Records from a data source:
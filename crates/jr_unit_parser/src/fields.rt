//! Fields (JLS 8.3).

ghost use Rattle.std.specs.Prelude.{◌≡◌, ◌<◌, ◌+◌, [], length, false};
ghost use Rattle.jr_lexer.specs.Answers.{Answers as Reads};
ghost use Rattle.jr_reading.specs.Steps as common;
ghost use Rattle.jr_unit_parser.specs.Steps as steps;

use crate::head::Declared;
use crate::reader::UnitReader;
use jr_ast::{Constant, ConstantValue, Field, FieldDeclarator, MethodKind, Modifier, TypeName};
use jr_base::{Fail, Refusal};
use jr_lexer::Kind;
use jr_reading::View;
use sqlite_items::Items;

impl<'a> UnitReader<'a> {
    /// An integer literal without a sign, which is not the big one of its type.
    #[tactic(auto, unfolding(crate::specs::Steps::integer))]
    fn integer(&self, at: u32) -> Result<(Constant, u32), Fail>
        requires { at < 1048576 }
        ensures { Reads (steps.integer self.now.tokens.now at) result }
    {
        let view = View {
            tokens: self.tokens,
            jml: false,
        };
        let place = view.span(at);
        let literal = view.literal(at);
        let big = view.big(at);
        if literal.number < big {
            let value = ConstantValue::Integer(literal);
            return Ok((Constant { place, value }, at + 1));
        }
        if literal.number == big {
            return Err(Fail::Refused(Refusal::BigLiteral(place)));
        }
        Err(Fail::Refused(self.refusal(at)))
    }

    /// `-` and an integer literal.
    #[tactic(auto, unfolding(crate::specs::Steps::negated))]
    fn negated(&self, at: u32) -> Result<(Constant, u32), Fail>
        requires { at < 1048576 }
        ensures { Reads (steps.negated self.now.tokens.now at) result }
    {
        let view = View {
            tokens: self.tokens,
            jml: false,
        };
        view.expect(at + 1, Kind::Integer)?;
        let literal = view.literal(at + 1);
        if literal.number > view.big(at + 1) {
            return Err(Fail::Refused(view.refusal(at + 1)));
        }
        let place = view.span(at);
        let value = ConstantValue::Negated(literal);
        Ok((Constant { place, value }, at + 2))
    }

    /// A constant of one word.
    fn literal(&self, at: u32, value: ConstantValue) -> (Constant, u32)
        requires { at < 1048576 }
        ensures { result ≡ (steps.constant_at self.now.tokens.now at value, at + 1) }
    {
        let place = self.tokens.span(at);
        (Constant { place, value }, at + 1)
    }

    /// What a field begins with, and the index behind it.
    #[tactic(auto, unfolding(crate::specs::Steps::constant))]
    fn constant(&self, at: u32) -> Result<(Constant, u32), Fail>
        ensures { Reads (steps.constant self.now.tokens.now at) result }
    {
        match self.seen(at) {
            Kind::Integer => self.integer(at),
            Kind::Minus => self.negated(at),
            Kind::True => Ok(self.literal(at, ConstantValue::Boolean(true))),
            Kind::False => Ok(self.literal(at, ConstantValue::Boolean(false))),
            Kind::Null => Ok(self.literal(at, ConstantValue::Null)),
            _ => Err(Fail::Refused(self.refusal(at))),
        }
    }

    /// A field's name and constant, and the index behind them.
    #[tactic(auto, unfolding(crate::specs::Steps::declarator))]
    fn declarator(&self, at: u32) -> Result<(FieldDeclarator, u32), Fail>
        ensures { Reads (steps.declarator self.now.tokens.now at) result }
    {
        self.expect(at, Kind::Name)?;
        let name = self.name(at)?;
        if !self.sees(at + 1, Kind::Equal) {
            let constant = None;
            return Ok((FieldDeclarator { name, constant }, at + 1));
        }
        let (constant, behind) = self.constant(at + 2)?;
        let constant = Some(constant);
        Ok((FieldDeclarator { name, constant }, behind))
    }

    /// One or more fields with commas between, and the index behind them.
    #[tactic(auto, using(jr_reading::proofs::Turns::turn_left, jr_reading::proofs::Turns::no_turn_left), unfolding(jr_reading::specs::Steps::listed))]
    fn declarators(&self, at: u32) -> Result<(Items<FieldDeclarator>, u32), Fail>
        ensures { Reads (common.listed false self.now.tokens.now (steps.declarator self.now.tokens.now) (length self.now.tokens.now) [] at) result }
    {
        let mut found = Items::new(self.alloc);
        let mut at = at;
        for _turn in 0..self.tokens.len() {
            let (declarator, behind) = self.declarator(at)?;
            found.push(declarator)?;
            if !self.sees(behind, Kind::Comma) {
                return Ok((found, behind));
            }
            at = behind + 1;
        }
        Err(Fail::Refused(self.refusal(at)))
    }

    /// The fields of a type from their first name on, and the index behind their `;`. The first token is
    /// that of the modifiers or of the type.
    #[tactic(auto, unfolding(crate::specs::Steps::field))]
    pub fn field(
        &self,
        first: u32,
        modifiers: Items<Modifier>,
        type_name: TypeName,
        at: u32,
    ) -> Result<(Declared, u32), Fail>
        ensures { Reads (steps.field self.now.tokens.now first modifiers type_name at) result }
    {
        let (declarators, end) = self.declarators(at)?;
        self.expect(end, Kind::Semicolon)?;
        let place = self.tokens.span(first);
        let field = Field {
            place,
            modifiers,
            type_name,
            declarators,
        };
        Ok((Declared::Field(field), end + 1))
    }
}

• Task details: Please return the span of lines above that opens with the one containing "Reads (common.listed false" and closes with the final line, both included, exactly as written and nothing more.

• Result of this task:
        ensures { Reads (common.listed false self.now.tokens.now (steps.declarator self.now.tokens.now) (length self.now.tokens.now) [] at) result }
    {
        let mut found = Items::new(self.alloc);
        let mut at = at;
        for _turn in 0..self.tokens.len() {
            let (declarator, behind) = self.declarator(at)?;
            found.push(declarator)?;
            if !self.sees(behind, Kind::Comma) {
                return Ok((found, behind));
            }
            at = behind + 1;
        }
        Err(Fail::Refused(self.refusal(at)))
    }

    /// The fields of a type from their first name on, and the index behind their `;`. The first token is
    /// that of the modifiers or of the type.
    #[tactic(auto, unfolding(crate::specs::Steps::field))]
    pub fn field(
        &self,
        first: u32,
        modifiers: Items<Modifier>,
        type_name: TypeName,
        at: u32,
    ) -> Result<(Declared, u32), Fail>
        ensures { Reads (steps.field self.now.tokens.now first modifiers type_name at) result }
    {
        let (declarators, end) = self.declarators(at)?;
        self.expect(end, Kind::Semicolon)?;
        let place = self.tokens.span(first);
        let field = Field {
            place,
            modifiers,
            type_name,
            declarators,
        };
        Ok((Declared::Field(field), end + 1))
    }
}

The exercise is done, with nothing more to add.